• **What the task asks**
Search the records below for "Refusals 2, 6, 7.". Return that line and all remaining lines exactly.

Saved entries:
---
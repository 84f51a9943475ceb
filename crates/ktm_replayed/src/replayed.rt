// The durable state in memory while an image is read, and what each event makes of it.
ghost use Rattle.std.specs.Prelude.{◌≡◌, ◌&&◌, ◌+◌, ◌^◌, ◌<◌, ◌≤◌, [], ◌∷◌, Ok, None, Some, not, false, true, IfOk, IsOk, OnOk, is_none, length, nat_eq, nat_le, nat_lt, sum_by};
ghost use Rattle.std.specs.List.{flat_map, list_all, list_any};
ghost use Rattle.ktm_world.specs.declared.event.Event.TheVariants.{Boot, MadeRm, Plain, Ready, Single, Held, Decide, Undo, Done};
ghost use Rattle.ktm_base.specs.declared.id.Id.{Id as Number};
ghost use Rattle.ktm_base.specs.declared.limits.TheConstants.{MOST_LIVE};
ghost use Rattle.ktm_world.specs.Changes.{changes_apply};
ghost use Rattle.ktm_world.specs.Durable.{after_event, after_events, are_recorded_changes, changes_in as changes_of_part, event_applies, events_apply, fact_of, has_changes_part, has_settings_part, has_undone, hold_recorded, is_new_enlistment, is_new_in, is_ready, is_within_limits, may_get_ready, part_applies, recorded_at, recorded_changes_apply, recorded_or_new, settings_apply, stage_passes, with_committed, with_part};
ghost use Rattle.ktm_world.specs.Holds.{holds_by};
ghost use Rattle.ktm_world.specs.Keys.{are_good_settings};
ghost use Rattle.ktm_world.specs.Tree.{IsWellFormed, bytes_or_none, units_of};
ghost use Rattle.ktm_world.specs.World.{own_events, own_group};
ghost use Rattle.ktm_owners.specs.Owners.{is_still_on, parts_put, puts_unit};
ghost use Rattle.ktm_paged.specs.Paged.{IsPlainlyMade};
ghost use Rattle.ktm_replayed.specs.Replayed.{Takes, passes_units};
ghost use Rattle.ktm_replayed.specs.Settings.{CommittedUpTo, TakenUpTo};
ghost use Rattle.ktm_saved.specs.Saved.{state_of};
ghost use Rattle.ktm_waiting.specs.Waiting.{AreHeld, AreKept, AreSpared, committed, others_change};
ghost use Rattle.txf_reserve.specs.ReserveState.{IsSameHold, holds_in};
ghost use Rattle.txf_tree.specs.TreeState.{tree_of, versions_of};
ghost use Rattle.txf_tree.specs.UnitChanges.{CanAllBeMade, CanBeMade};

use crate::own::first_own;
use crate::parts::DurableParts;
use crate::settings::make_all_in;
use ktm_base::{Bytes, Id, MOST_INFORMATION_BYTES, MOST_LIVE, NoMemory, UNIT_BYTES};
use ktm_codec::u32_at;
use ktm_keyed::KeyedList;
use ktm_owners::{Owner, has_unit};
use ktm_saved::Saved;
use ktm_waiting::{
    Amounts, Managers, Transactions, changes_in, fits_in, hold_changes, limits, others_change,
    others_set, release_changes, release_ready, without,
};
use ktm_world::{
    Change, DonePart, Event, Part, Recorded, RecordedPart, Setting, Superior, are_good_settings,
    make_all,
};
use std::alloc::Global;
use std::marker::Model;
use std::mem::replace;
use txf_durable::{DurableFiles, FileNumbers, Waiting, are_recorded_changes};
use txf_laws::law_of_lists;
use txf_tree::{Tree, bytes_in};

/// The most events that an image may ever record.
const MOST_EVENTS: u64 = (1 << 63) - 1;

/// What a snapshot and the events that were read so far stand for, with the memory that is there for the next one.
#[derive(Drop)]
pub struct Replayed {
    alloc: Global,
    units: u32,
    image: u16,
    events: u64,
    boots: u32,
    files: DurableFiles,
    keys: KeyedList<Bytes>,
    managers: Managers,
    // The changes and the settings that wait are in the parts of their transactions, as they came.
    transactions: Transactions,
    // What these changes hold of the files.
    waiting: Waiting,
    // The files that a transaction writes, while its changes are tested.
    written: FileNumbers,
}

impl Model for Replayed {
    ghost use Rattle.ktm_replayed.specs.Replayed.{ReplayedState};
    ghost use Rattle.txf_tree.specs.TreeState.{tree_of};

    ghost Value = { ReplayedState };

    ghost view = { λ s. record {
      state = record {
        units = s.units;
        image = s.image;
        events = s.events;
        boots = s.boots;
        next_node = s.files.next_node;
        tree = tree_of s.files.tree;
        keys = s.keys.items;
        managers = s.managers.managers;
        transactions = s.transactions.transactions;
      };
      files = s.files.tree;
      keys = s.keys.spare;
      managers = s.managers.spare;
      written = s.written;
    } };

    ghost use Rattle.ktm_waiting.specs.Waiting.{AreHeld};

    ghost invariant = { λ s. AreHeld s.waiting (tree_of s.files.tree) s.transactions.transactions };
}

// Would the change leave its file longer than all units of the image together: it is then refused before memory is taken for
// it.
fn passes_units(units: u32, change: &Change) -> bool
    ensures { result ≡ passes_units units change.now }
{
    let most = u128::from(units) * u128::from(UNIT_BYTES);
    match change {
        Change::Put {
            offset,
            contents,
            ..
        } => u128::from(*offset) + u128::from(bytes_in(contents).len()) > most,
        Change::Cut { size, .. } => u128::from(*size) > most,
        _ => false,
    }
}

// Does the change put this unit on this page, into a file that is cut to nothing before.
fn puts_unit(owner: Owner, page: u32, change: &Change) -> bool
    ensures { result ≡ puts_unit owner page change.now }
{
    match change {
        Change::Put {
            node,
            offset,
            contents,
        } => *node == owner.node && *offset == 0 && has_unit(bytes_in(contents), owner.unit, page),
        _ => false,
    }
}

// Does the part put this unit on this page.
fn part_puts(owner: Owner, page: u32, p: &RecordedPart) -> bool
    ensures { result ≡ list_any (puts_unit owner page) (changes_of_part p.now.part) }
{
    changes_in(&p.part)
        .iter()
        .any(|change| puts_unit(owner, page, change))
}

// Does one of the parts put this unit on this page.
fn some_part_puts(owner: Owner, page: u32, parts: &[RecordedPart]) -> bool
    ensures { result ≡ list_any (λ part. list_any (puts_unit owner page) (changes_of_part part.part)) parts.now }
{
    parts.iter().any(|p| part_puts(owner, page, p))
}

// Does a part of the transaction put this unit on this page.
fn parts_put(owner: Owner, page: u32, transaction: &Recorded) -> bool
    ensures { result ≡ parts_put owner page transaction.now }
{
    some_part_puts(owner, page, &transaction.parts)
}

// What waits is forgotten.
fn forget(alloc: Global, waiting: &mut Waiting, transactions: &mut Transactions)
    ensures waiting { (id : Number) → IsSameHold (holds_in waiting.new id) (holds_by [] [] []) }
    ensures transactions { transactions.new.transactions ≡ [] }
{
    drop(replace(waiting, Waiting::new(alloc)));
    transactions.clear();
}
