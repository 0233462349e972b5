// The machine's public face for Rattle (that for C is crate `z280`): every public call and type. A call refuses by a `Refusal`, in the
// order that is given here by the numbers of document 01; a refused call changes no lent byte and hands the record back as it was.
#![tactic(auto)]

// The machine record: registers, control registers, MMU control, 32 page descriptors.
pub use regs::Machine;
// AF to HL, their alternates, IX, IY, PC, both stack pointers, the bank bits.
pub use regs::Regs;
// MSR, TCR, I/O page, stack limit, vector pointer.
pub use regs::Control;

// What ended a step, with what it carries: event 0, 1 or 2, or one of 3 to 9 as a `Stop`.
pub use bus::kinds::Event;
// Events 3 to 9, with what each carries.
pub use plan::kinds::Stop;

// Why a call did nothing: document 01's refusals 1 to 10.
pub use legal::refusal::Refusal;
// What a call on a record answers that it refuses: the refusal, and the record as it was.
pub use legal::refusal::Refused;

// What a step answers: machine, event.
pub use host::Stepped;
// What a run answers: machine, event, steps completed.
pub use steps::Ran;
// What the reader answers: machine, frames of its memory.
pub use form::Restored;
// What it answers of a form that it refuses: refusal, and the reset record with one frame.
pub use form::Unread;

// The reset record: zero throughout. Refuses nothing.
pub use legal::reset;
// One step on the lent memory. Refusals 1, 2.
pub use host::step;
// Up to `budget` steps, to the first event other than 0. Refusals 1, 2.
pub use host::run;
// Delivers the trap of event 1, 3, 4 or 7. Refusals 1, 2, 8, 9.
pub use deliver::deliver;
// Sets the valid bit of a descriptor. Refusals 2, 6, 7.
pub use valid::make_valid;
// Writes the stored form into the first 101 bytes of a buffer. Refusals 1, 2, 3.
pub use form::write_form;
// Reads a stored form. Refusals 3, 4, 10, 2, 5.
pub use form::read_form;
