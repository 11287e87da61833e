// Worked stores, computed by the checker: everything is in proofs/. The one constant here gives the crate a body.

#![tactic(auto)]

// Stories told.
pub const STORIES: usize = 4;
---
• **Answer to this problem**
// Sets the valid bit of a descriptor. Refusals 2, 6, 7.
pub use valid::make_valid;
// Writes the stored form into the first 101 bytes of a buffer. Refusals 1, 2, 3.
pub use form::write_form;
// Reads a stored form. Refusals 3, 4, 10, 2, 5.
pub use form::read_form;
repository 11287e87da61833e
// Worked stores, computed by the checker: everything is in proofs/. The one constant here gives the crate a body.

#![tactic(auto)]

// Stories told.
pub const STORIES: usize = 4;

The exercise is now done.